|
Im Laufe der Jahre sammeln MitarbeiterInnen wertvolles betriebliches Wissen. Die implizite Praxiserfahrung, die hohe soziale und kommunikative Kompetenz Älterer sind oft nicht bewußt, werden gar nicht gesehen, in ihrem Wert unterschätzt und sind kaum dokumentiert! Die Verbindung dieser Fähigkeiten Älterer mit den Tugenden Jüngerer, wie Tatendrang, Dynamik und Risikobereitschaft, ist ein enormes Erfolgspotential!
DIE DEMOGRAPHISCHE WENDE kommt! Es ist wichtig, Ältere länger im Arbeitsprozeß zu halten. Im globalen Wettbewerb ist sowohl Wissen, Erfahrung, als auch die soziale Kompetenz zu nutzten, anstatt sie ignorant in Pension zu schicken!
TRANSFER-COACHING besteht aus 7 Elementen:
WERTSCHÄTZUNG DER EIGENEN STÄRKEN! Ältere sind häufig auf körperliche Defizite konzentriert! Sie sind sich der erworbenen Kompetenzen zu wenig bewußt!
SOZIALE FAIRNESS STATT GOLDEN HANDSHAKES Der / die SeniorIn, egal ob UnternehmerIn oder Schlüsselkraft, muß sicher sein, den Zeitpunkt des Ausscheidens selbst bestimmen zu können. Sonst werden sie jahrelang gesammeltes, implizites Wissen, das wenig dokumentiert ist, für sich behalten und gekränkt in den Ruhestand treten.
WERTEWANDEL IN FOLGE DER LEBENSPHASEN Zwischen 45 und 50 wechselt der Fokus vom „Ich zentrierten“ Karrieredenken zur „Wir orientierten“ Übernahme von Verantwortung für Jüngere.

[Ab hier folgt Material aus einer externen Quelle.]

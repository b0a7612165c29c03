// The horizon point of a sphere.
ghost use Rattle.std.specs.Prelude.{◌≡◌, ◌≤◌, ◌^◌, All, unsigned_abs};
ghost use Rattle.bound_spheres.specs.Sphere.{IsCentreWithin};
ghost use Rattle.bound_spheres.specs.FarPoint.{equatorial_of, far_point_of, polar_of};

use crate::Sphere;
use terrain_base::floor_div;

// The semi-major axis of the WGS 84 ellipsoid in metres.
pub const SEMI_MAJOR_AXIS: i128 = 6_378_137;

// The flattening is 10^9 over this.
pub const INVERSE_FLATTENING: i128 = 298_257_223_563;

// The semi-minor axis in metres is this over the same number.
pub const SEMI_MINOR_AXIS: i128 = SEMI_MAJOR_AXIS * (INVERSE_FLATTENING - 1_000_000_000);

// Sixteen times 2^28, over 2^8.
const SCALE: i128 = 0x100_0000;

// A number of the x or y axis.
fn equatorial(n: i64) -> i64
    requires { unsigned_abs n ≤ 2 ^ 33 }
    ensures exact { result ≡ equatorial_of n }
    ensures size { unsigned_abs result ≤ 2 ^ 40 }
{
    floor_div(n as i128 * SCALE, SEMI_MAJOR_AXIS) as i64
}

// A number of the z axis.
fn polar(n: i64) -> i64
    requires { unsigned_abs n ≤ 2 ^ 33 }
    ensures exact { result ≡ polar_of n }
    ensures size { unsigned_abs result ≤ 2 ^ 40 }
{
    floor_div(n as i128 * (SCALE * INVERSE_FLATTENING), SEMI_MINOR_AXIS) as i64
}

/// The horizon point: sixteen times the sphere's centre, scaled by the axes of the WGS 84 ellipsoid, in units of
/// 2^-28 and rounded down. The centre's numbers are within -2^33 to 2^33, and those of the point within -2^40 to
/// 2^40. No claim is made of what the point hides.
pub fn far_point(sphere: &Sphere) -> [i64; 3]
    requires { IsCentreWithin 33 sphere.now }
    ensures exact { result ≡ far_point_of sphere.now }
    ensures size { All (λ n. unsigned_abs n ≤ 2 ^ 40) result }
{
    [equatorial(sphere.x), equatorial(sphere.y), polar(sphere.z)]
}
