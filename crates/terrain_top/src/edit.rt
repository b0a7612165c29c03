// Edits of the cells, as commands and as lines of scripts: first the file, then its grammar, then the database.
ghost use Rattle.std.specs.Prelude.{◌≡◌, ◌⊎◌, ◌≤◌, true, IfErr, IfOk, IfSome, IsErrOf};
ghost use Rattle.std.specs.FinMap as map;
ghost use Rattle.terrain_base.specs.Library.{LibraryFiles};
ghost use Rattle.database.specs.declared.answer.EngineAnswer.TheVariants as engine;
ghost use Rattle.database.specs.State.{State};
ghost use Rattle.db_engine.specs.Holding.{HoldsState};
ghost use Rattle.db_report.specs.Done.{edited_line_of};
ghost use Rattle.top_words.specs.Meant.{edit_meant};
ghost use Rattle.top_reply.specs.Edits.{edit_reply, wanted, wanted_reply};
ghost use Rattle.top_reply.specs.File.{Bytes, cell_limit, found_in};
ghost use Rattle.top_reply.specs.Reply.{done_reply};
ghost use Rattle.top_reply.specs.Top.{Tells, edit_reads};
ghost use Rattle.terrain_top.specs.EditGoes.{Answers, CellWanted, EditGoes, tiles_of};
ghost use Rattle.terrain_top.specs.Effects.{Asks, OnlyMemory, OnStore, StopHasCause};
ghost use Rattle.terrain_top.specs.Meant.{wanted_meant};
ghost use Rattle.terrain_top.specs.Says.{IsPlain};

use crate::answer::{Answer, done, refused};
use crate::cell::CELL_LIMIT;
use crate::change::tiles_in;
use crate::engine_answer::answer_of;
use crate::file::{FileRead, open_file};
use database::EngineAnswer;
use db_engine::{Opened, add, remove, replace};
use db_report::{Edited, edited_line};
use dted_cell::CellBytes;
use report_text::cell_refusal_text;
use std::alloc::Global;
use terrain_base::{CellKey, Library, Square, Store, Work};
use top_reply::Stop;
use top_words::Edit;

/// An edit whose file was read.
#[derive(Drop)]
pub(crate) enum Wanted {
    /// It is refused before the database is asked, by this cause.
    Refused(String),
    Add(CellBytes),
    Replace(CellBytes),
    Remove(CellKey),
}

// The cell of a file, or the cause why there is none.
#[derive(Drop)]
enum CellRead {
    Cell(CellBytes),
    Refused(String),
}

// The cell that the bytes of a file are.
fn check_cell(alloc: Global, bytes: Vec<u8>) -> Result<CellRead, Stop>
    ensures wanted { IfOk result (CellWanted (Bytes bytes.items)) }
    ensures memory { OnlyMemory result }
{
    match CellBytes::check(bytes) {
        Ok(cell) => Ok(CellRead::Cell(cell)),
        Err(other) => Ok(CellRead::Refused(cell_refusal_text(alloc, &other.refusal)?)),
    }
}

// The cell of a file.
fn read_cell_of<Li: Library>(alloc: Global, files: &mut Li, file: &str) -> Result<CellRead, Stop>
    ensures wanted { IfOk result (λ read. IfSome (Li.holds files.old) (λ held. CellWanted
        (found_in file.now cell_limit (map.get held file.now)) read)) }
    ensures asks { Asks Li.holds Li.faults files.old files.new result }
{
    match open_file(alloc, files, file, CELL_LIMIT)? {
        FileRead::Bytes(bytes) => check_cell(alloc, bytes),
        FileRead::NoFile(cause) => Ok(CellRead::Refused(cause)),
    }
}

/// Reads the file of an edit, if it has one.
pub(crate) fn read_wanted<Li: Library>(
    alloc: Global,
    files: &mut Li,
    edit: &Edit<'_>,
) -> Result<Wanted, Stop>
    ensures wanted { (library : LibraryFiles) → Tells (edit_reads (edit_meant edit.now)) (Li.holds files.old) library
        → IfOk result (λ read. wanted_meant read ≡ wanted (edit_meant edit.now) library) }
    ensures asks { Asks Li.holds Li.faults files.old files.new result }
    ensures reads { IsErrOf result Stop.Input → edit_reads (edit_meant edit.now) ≡ true }
{
    match *edit {
        Edit::Add { file } => match read_cell_of(alloc, files, file)? {
            CellRead::Cell(cell) => Ok(Wanted::Add(cell)),
            CellRead::Refused(cause) => Ok(Wanted::Refused(cause)),
        },
        Edit::Replace { file } => match read_cell_of(alloc, files, file)? {
            CellRead::Cell(cell) => Ok(Wanted::Replace(cell)),
            CellRead::Refused(cause) => Ok(Wanted::Refused(cause)),
        },
        Edit::Remove { key } => Ok(Wanted::Remove(key)),
    }
}

// What an edit of the database came to.
fn told(
    alloc: Global,
    opened: &Opened,
    outcome: Result<(), EngineAnswer>,
    edited: Edited,
    square: Square,
) -> Result<Answer, Stop>
    ensures answers { Answers (done_reply (edited_line_of edited square (tiles_of opened.now))) outcome result }
    ensures plain { IfOk result IsPlain }
    ensures store { IsErrOf result Stop.Store → IsErrOf outcome engine.StoreFault }
    ensures only { IfErr result (λ stop. (stop ≡ Stop.Store) ⊎ (stop ≡ Stop.NoMemory)) }
{
    match outcome {
        Ok(()) => {
            let tiles = tiles_in(alloc, opened)?;
            let line = edited_line(alloc, edited, square, tiles)?;
            done(alloc, &line)
        }
        Err(answer) => answer_of(alloc, &answer),
    }
}

/// Does an edit whose file was read. Where it is refused since something is wrong with a stored cell, the database
/// may not be used any more.
pub(crate) fn carry_out<St: Store>(
    alloc: Global,
    store: &mut St,
    opened: &mut Opened,
    wanted: Wanted,
    work: &mut Work,
) -> Result<Answer, Stop>
    requires { opened.old.live ≡ true }
    ensures goes { (s : State) → HoldsState (St.holds store.old) opened.old s
        → EditGoes (wanted_reply (wanted_meant wanted) s) (St.holds store.old) (St.holds store.new)
        (St.log store.old) (St.log store.new) opened.new work.old work.new result }
    ensures plain { IfOk result IsPlain }
    ensures store { OnStore (St.faults store.old) (St.faults store.new) result }
    ensures more { work.old ≤ work.new }
{
    match wanted {
        Wanted::Refused(cause) => refused(alloc, &cause),
        Wanted::Add(cell) => {
            let outcome = add(alloc, store, opened, &cell, work);
            told(alloc, opened, outcome, Edited::Added, cell.view().square())
        }
        Wanted::Replace(cell) => {
            let outcome = replace(alloc, store, opened, &cell, work);
            told(
                alloc,
                opened,
                outcome,
                Edited::Replaced,
                cell.view().square(),
            )
        }
        Wanted::Remove(key) => {
            let outcome = remove(alloc, store, opened, key, work);
            told(alloc, opened, outcome, Edited::Removed, key.square)
        }
    }
}

/// Adds, replaces or removes a cell.
pub(crate) fn answer_to_edit<St: Store, Li: Library>(
    alloc: Global,
    store: &mut St,
    opened: &mut Opened,
    files: &mut Li,
    edit: &Edit<'_>,
    work: &mut Work,
) -> Result<Answer, Stop>
    requires { opened.old.live ≡ true }
    ensures goes { (s : State) (library : LibraryFiles) → HoldsState (St.holds store.old) opened.old s
        → Tells (edit_reads (edit_meant edit.now)) (Li.holds files.old) library
        → EditGoes (edit_reply (edit_meant edit.now) library s) (St.holds store.old) (St.holds store.new)
        (St.log store.old) (St.log store.new) opened.new work.old work.new result }
    ensures plain { IfOk result IsPlain }
    ensures same { Li.holds files.new ≡ Li.holds files.old }
    ensures library { StopHasCause Stop.Input (Li.faults files.old) (Li.faults files.new) result }
    ensures reads { IsErrOf result Stop.Input → edit_reads (edit_meant edit.now) ≡ true }
    ensures store { StopHasCause Stop.Store (St.faults store.old) (St.faults store.new) result }
    ensures silent { ¬ IsErrOf result Stop.Output }
    ensures more { work.old ≤ work.new }
{
    let wanted = read_wanted(alloc, files, edit)?;
    carry_out(alloc, store, opened, wanted, work)
}
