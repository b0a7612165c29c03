// How a run ended.
ghost use Rattle.std.specs.Prelude.{◌≡◌};
ghost use Rattle.top_reply.specs.Status.{stop_status};
ghost use Rattle.terrain_top.specs.Says.{status_by};

use crate::answer::Ending;
use top_reply::{Status, Stop};

// The status of a run that was stopped.
pub(crate) fn status_of_stop(stop: Stop) -> Status
    ensures { result ≡ stop_status stop }
{
    match stop {
        Stop::Input => Status::InputFault,
        Stop::Store => Status::StoreFault,
        Stop::Output => Status::OutputFault,
        Stop::NoMemory => Status::NoMemory,
    }
}

// The status of a run of a command that ended so.
pub(crate) fn status_of(ended: Result<Ending, Stop>) -> Status
    ensures { result ≡ status_by ended }
{
    match ended {
        Ok(Ending::Done) => Status::Done,
        Ok(Ending::Refused) => Status::Refused,
        Ok(Ending::Found) => Status::Found,
        Err(stop) => status_of_stop(stop),
    }
}
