// The sphere of boxes.
ghost use Rattle.std.specs.Prelude.{◌≡◌, ◌<◌, ◌≤◌, ◌^◌, ◌+ℤ◌, ◌≤ℤ◌, pos, All, length, unsigned_abs};
ghost use Rattle.terrain_base.specs.Division.{floor_of};
ghost use Rattle.ecef_boxes.specs.Bounds.{IsBoxWithin};
ghost use Rattle.bound_spheres.specs.Sphere.{IsCentreWithin, IsSphere};
ghost use Rattle.bound_spheres.specs.Sphere as of_boxes;

use crate::distance::{farthest, root_up};
use crate::extent::hull;
use ecef_boxes::EcefBox;

/// A sphere in Earth-fixed coordinates, in units of 2^-8 m.
#[derive(Clone, Copy, Debug, PartialEq, Eq)]
pub struct Sphere {
    pub x: i64,
    pub y: i64,
    pub z: i64,
    pub radius: i64,
}

// The middle, rounded down.
fn middle(lo: i64, hi: i64) -> i64
    requires lo { unsigned_abs lo ≤ 2 ^ 33 }
    requires hi { unsigned_abs hi ≤ 2 ^ 33 }
    ensures exact { result ≡ floor_of (lo +ℤ hi) (pos 2) }
    ensures size { unsigned_abs result ≤ 2 ^ 33 }
{
    (lo + hi).div_euclid(2)
}

/// The sphere of the boxes, of which there is at least one, with every number within -2^33 to 2^33.
///
/// On each axis the centre is the middle, rounded down, between the least low end and the greatest high end.
/// The radius is the least whole number that reaches every corner of every box; it is at most 2^35.
pub fn sphere_of(boxes: &[EcefBox]) -> Sphere
    requires some { 0 < length boxes.now }
    requires size { All (IsBoxWithin 33) boxes.now }
    ensures sphere { IsSphere boxes.now result }
    ensures centre { IsCentreWithin 33 result }
    ensures radius { result.radius ≤ℤ pos (2 ^ 35) }
    ensures exact { result ≡ of_boxes.sphere_of boxes.now }
{
    let hull = hull(boxes);
    let x = middle(hull.x_lo, hull.x_hi);
    let y = middle(hull.y_lo, hull.y_hi);
    let z = middle(hull.z_lo, hull.z_hi);
    Sphere {
        x,
        y,
        z,
        radius: root_up(farthest(x, y, z, boxes)) as i64,
    }
}
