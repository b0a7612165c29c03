// Generated commands over a database in memory.
ghost use Rattle.std.specs.Prelude.{◌≡◌, ◌≤◌, ℕ, IfOk, List, Option};
ghost use Rattle.terrain_base.specs.declared.store.Change.{Change};
ghost use Rattle.terrain_base.specs.Step.{Files};
ghost use Rattle.top_reply.specs.Course.{Course, world};
ghost use Rattle.top_reply.specs.Trial.{IsTrialCourse};
ghost use Rattle.terrain_top.specs.Comes.{Comes};
ghost use Rattle.terrain_top.specs.Effects.{OnlyMemory};
ghost use Rattle.terrain_top.specs.Says.{IsPlain};

use crate::answer::{Answer, done};
use db_report::trial_line;
use db_trial::run_trial;
use std::alloc::Global;
use terrain_base::Work;
use top_reply::Stop;

/// Runs generated commands over a database in memory, and tells how many of them were accepted and how large it is,
/// beside the size of one that is built from scratch over the same cells.
pub(crate) fn answer_to_trial(
    alloc: Global,
    count: u8,
    number: u64,
    work: &mut Work,
) -> Result<Answer, Stop>
    ensures comes { (held : Option Files) (log : Option (List Change)) (taken : Option (List ℕ)) (course : Course)
        → IsTrialCourse count number course → Comes course (world held log taken work.old)
        (world held log taken work.new) result }
    ensures plain { IfOk result IsPlain }
    ensures told { IfOk result (λ answer. (course : Course) × IsTrialCourse count number course) }
    ensures memory { OnlyMemory result }
    ensures more { work.old ≤ work.new }
{
    match run_trial(alloc, count, number, work) {
        Ok(report) => {
            let line = trial_line(alloc, &report)?;
            done(alloc, &line)
        }
        // A store in memory stops for nothing else.
        Err(_) => Err(Stop::NoMemory),
    }
}
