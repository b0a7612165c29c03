// The command `migrate`.
ghost use Rattle.std.specs.Prelude.{◌≡◌, ◌≤◌, IfOk, Some};
ghost use Rattle.terrain_base.specs.Step.{Files};
ghost use Rattle.top_reply.specs.Course.{Course};
ghost use Rattle.top_reply.specs.Migrate.{IsMigrated};
ghost use Rattle.terrain_top.specs.Effects.{OnStore};
ghost use Rattle.terrain_top.specs.Says.{IsPlain};
ghost use Rattle.terrain_top.specs.Told.{HasMigrated};
ghost use Rattle.terrain_top.specs.Turns.{TurnOf};

use crate::answer::{Answer, done};
use crate::change::tiles_in;
use crate::engine_answer::answer_of;
use db_migrate::migrate;
use db_report::migrated_line;
use std::alloc::Global;
use terrain_base::{Store, Work};
use top_reply::Stop;

/// Brings a database of an older version to the present one. It is not settled first, since no command of an older
/// version is finished here.
pub(crate) fn answer_to_migrate<St: Store>(
    alloc: Global,
    store: &mut St,
    work: &mut Work,
) -> Result<Answer, Stop>
    ensures goes { (files : Files) (course : Course) → St.holds store.old ≡ Some files → IsMigrated files course
        → TurnOf course (St.holds store.old) (St.holds store.new) (St.log store.old) (St.log store.new) work.old
        work.new result }
    ensures has { (files : Files) → St.holds store.old ≡ Some files → IfOk result (λ answer. HasMigrated files) }
    ensures plain { IfOk result IsPlain }
    ensures store { OnStore (St.faults store.old) (St.faults store.new) result }
    ensures more { work.old ≤ work.new }
{
    match migrate(alloc, store, work) {
        Ok(opened) => {
            let cells = opened.summaries().len() as u64;
            let tiles = tiles_in(alloc, &opened)?;
            let line = migrated_line(alloc, cells, tiles)?;
            done(alloc, &line)
        }
        Err(answer) => answer_of(alloc, &answer),
    }
}
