// The one place that prints.
ghost use Rattle.std.specs.Prelude.{◌≡◌, ◌⊎◌, ◌++◌, IfErr, OnErr, OnOk, option_map};
ghost use Rattle.terrain_base.specs.Sink.{FrontTaken};
ghost use Rattle.terrain_top.specs.Effects.{StopHasCause};

use terrain_base::{DeviceFault, Sink};
use top_reply::Stop;

/// Puts a text on the sink.
pub(crate) fn print<Si: Sink>(out: &mut Si, text: &[u8]) -> Result<(), Stop>
    ensures all { OnOk result (Si.taken out.new ≡ option_map (λ taken. taken ++ text.now) (Si.taken out.old)) }
    ensures front { OnErr result (FrontTaken (Si.taken out.old) text.now (Si.taken out.new)) }
    ensures sink { StopHasCause Stop.Output (Si.faults out.old) (Si.faults out.new) result }
    ensures only { IfErr result (λ stop. (stop ≡ Stop.Output) ⊎ (stop ≡ Stop.NoMemory)) }
{
    match out.put(text) {
        Ok(()) => Ok(()),
        Err(DeviceFault::Failed) => Err(Stop::Output),
        Err(DeviceFault::NoMemory) => Err(Stop::NoMemory),
    }
}
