// Numbers scaled by the axes of the ellipsoid.
ghost use Rattle.std.specs.Prelude.{◌≡◌, ◌≤◌, ◌^◌, ◌*ℤ◌, pos, All, unsigned_abs};
ghost use Rattle.terrain_base.specs.Division.{floor_of};
ghost use Rattle.ecef_boxes.specs.Bounds.{IsBoxWithin};
ghost use Rattle.bound_spheres.specs.Horizon.{IsVectorWithin, equatorial_down, equatorial_up, polar_down, polar_up};
ghost use Rattle.bound_spheres.specs.Horizon.{polar_numerator, scaled_centre, scaled_corners, vector};
ghost use Rattle.bound_spheres.specs.Sphere.{IsCentreWithin};

use crate::Sphere;
use crate::horizon_point::SEMI_MAJOR_AXIS;
use ecef_boxes::EcefBox;

// 2^18 over 2^8.
const SCALE: i64 = 0x400;

// The semi-major axis in metres, for quotients in 64 bits.
const AXIS: i64 = SEMI_MAJOR_AXIS as i64;

// The flattening is this over 298257223563, and what it leaves of the semi-major axis is ROUND over the same number.
const FLAT: i64 = 1_000_000_000;

const ROUND: i64 = 297_257_223_563;

/// A vector in units of 2^-18 of the ellipsoid's axes.
#[derive(Clone, Copy, Debug, PartialEq, Eq)]
pub struct Vector {
    pub x: i64,
    pub y: i64,
    pub z: i64,
}

// A number of the x or y axis, rounded down.
fn equatorial_low(n: i64) -> i64
    requires { unsigned_abs n ≤ 2 ^ 33 }
    ensures exact { result ≡ equatorial_down n }
    ensures size { unsigned_abs result ≤ 2 ^ 21 }
{
    (n * SCALE).div_euclid(AXIS)
}

// Rounded up.
fn equatorial_high(n: i64) -> i64
    requires { unsigned_abs n ≤ 2 ^ 33 }
    ensures exact { result ≡ equatorial_up n }
    ensures size { unsigned_abs result ≤ 2 ^ 21 }
{
    -equatorial_low(-n)
}

// A number of the z axis in units of 2^-18 m, scaled as if that axis were as long as the others, rounded down.
//
// That is n * 2^10 * (1 + FLAT / ROUND). Since n * 2^10 * FLAT does not fit 64 bits, the quotient of n * FLAT and
// what is left are scaled by 2^10 apart.
fn unflattened(n: i64) -> i64
    requires { unsigned_abs n ≤ 2 ^ 33 }
    ensures exact { result ≡ floor_of (n *ℤ pos polar_numerator) (pos 297257223563) }
    ensures size { unsigned_abs result ≤ 2 ^ 44 }
{
    let more = n * FLAT;
    let whole = more.div_euclid(ROUND);
    let left = more - whole * ROUND;
    (n + whole) * SCALE + (left * SCALE).div_euclid(ROUND)
}

// A number of the z axis, rounded down.
fn polar_low(n: i64) -> i64
    requires { unsigned_abs n ≤ 2 ^ 33 }
    ensures exact { result ≡ polar_down n }
    ensures size { unsigned_abs result ≤ 2 ^ 21 }
{
    unflattened(n).div_euclid(AXIS)
}

// Rounded up.
fn polar_high(n: i64) -> i64
    requires { unsigned_abs n ≤ 2 ^ 33 }
    ensures exact { result ≡ polar_up n }
    ensures size { unsigned_abs result ≤ 2 ^ 21 }
{
    -polar_low(-n)
}

/// The centre of a sphere in units of 2^-18 of the ellipsoid's axes, rounded down. Each number is within -2^21 to 2^21.
pub fn centre_of(sphere: &Sphere) -> Vector
    requires { IsCentreWithin 33 sphere.now }
    ensures exact { result ≡ scaled_centre sphere.now }
    ensures size { IsVectorWithin 21 result }
{
    Vector {
        x: equatorial_low(sphere.x),
        y: equatorial_low(sphere.y),
        z: polar_low(sphere.z),
    }
}

// A corner of three numbers.
fn corner(x: i64, y: i64, z: i64) -> Vector
    ensures { result ≡ vector x y z }
{
    Vector { x, y, z }
}

/// The corners of a box in the same units, rounded outwards.
pub fn corners_of(corners: &EcefBox) -> [Vector; 8]
    requires { IsBoxWithin 33 corners.now }
    ensures exact { result ≡ scaled_corners corners.now }
    ensures size { All (IsVectorWithin 21) result }
{
    let west = equatorial_low(corners.x_lo);
    let east = equatorial_high(corners.x_hi);
    let near = equatorial_low(corners.y_lo);
    let far = equatorial_high(corners.y_hi);
    let low = polar_low(corners.z_lo);
    let high = polar_high(corners.z_hi);
    [
        corner(west, near, low),
        corner(west, near, high),
        corner(west, far, low),
        corner(west, far, high),
        corner(east, near, low),
        corner(east, near, high),
        corner(east, far, low),
        corner(east, far, high),
    ]
}
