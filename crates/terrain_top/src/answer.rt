// What a command comes to.
ghost use Rattle.std.specs.Prelude.{◌≡◌, IfErr, IfOk};
ghost use Rattle.top_reply.specs.Reply.{done_reply, refused_reply};
ghost use Rattle.terrain_top.specs.Says.{IsPlain, Says};
ghost use Rattle.terrain_top.specs.Effects.{OnlyMemory};

use std::alloc::Global;
use top_reply::Stop;

/// How a command ended that was not stopped.
#[derive(Clone, Copy, Debug, PartialEq, Eq)]
pub(crate) enum Ending {
    /// The command is done.
    Done,
    /// The command, or some line of a script, is refused.
    Refused,
    /// The command found something amiss.
    Found,
}

/// The ending of a command that was not stopped, and what is printed of it last: bytes, since a stored note is
/// printed as it stands.
#[derive(Debug, Drop)]
pub(crate) struct Answer {
    pub(crate) ending: Ending,
    pub(crate) text: Vec<u8>,
}

/// The answer of a command that is done, by its line.
pub(crate) fn done(alloc: Global, line: &str) -> Result<Answer, Stop>
    ensures says { IfOk result (Says (done_reply line.now)) }
    ensures plain { IfOk result IsPlain }
    ensures memory { OnlyMemory result }
{
    let text = format!(in alloc; "{line}\n")?;
    Ok(Answer {
        ending: Ending::Done,
        text: text.into_bytes(),
    })
}

/// The answer that a refusal is, by its cause.
pub(crate) fn refused(alloc: Global, cause: &str) -> Result<Answer, Stop>
    ensures says { IfOk result (Says (refused_reply cause.now)) }
    ensures plain { IfOk result IsPlain }
    ensures memory { OnlyMemory result }
{
    let text = format!(in alloc; "refused {cause}\n")?;
    Ok(Answer {
        ending: Ending::Refused,
        text: text.into_bytes(),
    })
}
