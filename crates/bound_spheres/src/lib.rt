//! Spheres round boxes in Earth-fixed coordinates, and their horizon points.
#![tactic(auto)]

mod distance;
mod extent;
mod hiding;
mod horizon_point;
pub mod laws;
mod scaled;
mod sphere;

pub use hiding::horizon;
pub use horizon_point::far_point;
pub use scaled::{Vector, centre_of};
pub use sphere::{Sphere, sphere_of};

#[cfg(test)]
mod tests;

GENERATIONEN TRANSFER Wie in einer Familie zwischen Großeltern und Enkeln läuft die Übergabe von Wissen und Kompetenzen! Die Vermittlung von Werten und Zielen ist wichtiger als egoistische Konkurrenz. Dieser Prozeß dauert zwischen einem halben bis zu drei Jahren.
TANDEMS zwischen Jüngeren und Älteren Dabei lernen Jüngere die soziale Kompetenz und Ältere etwa IT Wissen von der anderen Generation!
MENTORING Ist das beratende Weitergeben von strategischen Weitblick und Lebenserfahrung!
EXTERNES COACHING Wechselseitiges Vertauen wird aufgebaut. Als neutraler Vermittler bei der Nachfolge, unterstützt der Externe effizient die Entwicklung einer generationenübergreifenden Teamarbeit.
NachfolgerInnen sollten sich eine Art Check Liste anlegen, was sie alles an Detailwissen, Erfahrung und Kompetenzen abholen wollen. Ein großes Maß an Geduld ist auch wünschenswert, um scheinbar Unwichtiges, sich Wiederholendes, Nebensächliches usw. gelassen anzuhören. Die selbständige, praktische Erprobung der vermittelten Kompetenzen gehört auch zu den Aufgaben. Soweit es möglich ist, sollte die bisher von dem / der Ausscheidenden unterlassenen Dokumentation nachgeholt werden! Wer fragt führt, sollte die Devise des / der NachfolgerIn sein. Wenn die Atmosphäre stimmt, wir es auch in Ordnung gehen, bei Bedarf den / die PensionistIn anzurufen, um noch offene Fragen zu klären.